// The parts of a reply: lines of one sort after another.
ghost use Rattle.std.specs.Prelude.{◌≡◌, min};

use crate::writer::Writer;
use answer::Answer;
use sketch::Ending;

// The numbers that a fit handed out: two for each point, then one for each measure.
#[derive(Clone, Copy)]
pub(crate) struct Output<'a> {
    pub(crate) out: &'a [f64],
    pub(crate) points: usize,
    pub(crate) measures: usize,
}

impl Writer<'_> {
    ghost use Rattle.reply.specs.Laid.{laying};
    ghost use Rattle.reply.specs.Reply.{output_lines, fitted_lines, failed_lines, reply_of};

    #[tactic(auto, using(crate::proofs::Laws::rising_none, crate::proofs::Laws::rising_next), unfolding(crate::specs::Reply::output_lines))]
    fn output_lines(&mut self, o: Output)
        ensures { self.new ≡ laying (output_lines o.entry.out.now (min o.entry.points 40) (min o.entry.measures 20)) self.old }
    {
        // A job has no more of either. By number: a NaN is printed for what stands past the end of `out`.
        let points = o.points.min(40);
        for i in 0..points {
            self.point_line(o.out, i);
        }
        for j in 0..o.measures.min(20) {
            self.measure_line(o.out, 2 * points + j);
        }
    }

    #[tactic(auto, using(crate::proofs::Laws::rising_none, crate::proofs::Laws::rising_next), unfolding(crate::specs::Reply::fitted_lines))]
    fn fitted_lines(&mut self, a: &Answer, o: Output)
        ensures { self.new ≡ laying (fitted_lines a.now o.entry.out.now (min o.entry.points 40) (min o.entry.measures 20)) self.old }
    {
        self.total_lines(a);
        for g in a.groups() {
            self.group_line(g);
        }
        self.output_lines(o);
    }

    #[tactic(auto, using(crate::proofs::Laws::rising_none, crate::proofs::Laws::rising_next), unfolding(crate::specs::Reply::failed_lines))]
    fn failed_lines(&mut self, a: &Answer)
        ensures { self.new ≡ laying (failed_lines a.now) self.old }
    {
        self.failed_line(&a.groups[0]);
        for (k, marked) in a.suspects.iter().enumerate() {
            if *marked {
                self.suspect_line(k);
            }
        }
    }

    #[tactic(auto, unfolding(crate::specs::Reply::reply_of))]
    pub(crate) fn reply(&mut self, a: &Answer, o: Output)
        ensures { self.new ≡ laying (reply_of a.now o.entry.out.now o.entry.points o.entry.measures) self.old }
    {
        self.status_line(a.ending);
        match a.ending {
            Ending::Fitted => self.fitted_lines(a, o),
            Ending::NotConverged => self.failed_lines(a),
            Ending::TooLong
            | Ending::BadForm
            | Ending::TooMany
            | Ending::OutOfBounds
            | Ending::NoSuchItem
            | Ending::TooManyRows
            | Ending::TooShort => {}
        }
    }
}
========================================================================
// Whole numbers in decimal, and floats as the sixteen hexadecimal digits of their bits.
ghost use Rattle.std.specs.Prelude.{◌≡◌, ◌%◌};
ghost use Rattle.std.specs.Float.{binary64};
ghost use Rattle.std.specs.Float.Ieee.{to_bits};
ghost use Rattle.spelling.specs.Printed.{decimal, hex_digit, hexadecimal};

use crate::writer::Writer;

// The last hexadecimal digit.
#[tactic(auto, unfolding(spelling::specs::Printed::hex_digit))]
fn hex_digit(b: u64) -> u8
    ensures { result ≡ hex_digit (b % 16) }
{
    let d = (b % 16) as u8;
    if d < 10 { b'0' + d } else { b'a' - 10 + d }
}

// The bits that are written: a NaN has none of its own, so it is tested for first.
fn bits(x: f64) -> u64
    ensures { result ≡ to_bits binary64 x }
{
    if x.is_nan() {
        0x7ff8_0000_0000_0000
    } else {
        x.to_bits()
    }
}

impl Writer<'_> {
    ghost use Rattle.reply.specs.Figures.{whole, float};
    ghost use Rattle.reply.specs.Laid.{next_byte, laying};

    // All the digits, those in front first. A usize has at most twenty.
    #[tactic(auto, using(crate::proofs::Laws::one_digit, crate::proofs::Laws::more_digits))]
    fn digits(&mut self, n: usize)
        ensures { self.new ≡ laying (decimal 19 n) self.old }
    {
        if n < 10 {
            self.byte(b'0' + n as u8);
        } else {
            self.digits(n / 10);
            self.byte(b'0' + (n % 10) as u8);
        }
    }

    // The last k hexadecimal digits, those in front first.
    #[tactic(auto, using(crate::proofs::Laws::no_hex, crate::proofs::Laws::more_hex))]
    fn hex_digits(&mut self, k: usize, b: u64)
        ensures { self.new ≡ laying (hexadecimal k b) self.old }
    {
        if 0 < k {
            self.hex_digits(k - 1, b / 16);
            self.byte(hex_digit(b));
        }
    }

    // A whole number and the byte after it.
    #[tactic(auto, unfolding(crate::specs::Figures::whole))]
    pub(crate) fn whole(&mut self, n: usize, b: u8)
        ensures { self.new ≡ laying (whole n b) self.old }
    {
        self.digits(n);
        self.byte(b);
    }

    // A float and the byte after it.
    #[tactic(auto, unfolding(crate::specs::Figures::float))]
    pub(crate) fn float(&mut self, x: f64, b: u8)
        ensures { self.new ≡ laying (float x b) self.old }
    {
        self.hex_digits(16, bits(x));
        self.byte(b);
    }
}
========================================================================
An exact copy of the lines above, from the one containing "self.point_line(o.out, i);" through the one containing "pub(crate) fn reply(&mut", is the whole of the answer.

Output of the task:
            self.point_line(o.out, i);
        }
        for j in 0..o.measures.min(20) {
            self.measure_line(o.out, 2 * points + j);
        }
    }

    #[tactic(auto, using(crate::proofs::Laws::rising_none, crate::proofs::Laws::rising_next), unfolding(crate::specs::Reply::fitted_lines))]
    fn fitted_lines(&mut self, a: &Answer, o: Output)
        ensures { self.new ≡ laying (fitted_lines a.now o.entry.out.now (min o.entry.points 40) (min o.entry.measures 20)) self.old }
    {
        self.total_lines(a);
        for g in a.groups() {
            self.group_line(g);
        }
        self.output_lines(o);
    }

    #[tactic(auto, using(crate::proofs::Laws::rising_none, crate::proofs::Laws::rising_next), unfolding(crate::specs::Reply::failed_lines))]
    fn failed_lines(&mut self, a: &Answer)
        ensures { self.new ≡ laying (failed_lines a.now) self.old }
    {
        self.failed_line(&a.groups[0]);
        for (k, marked) in a.suspects.iter().enumerate() {
            if *marked {
                self.suspect_line(k);
            }
        }
    }

    #[tactic(auto, unfolding(crate::specs::Reply::reply_of))]
    pub(crate) fn reply(&mut self, a: &Answer, o: Output)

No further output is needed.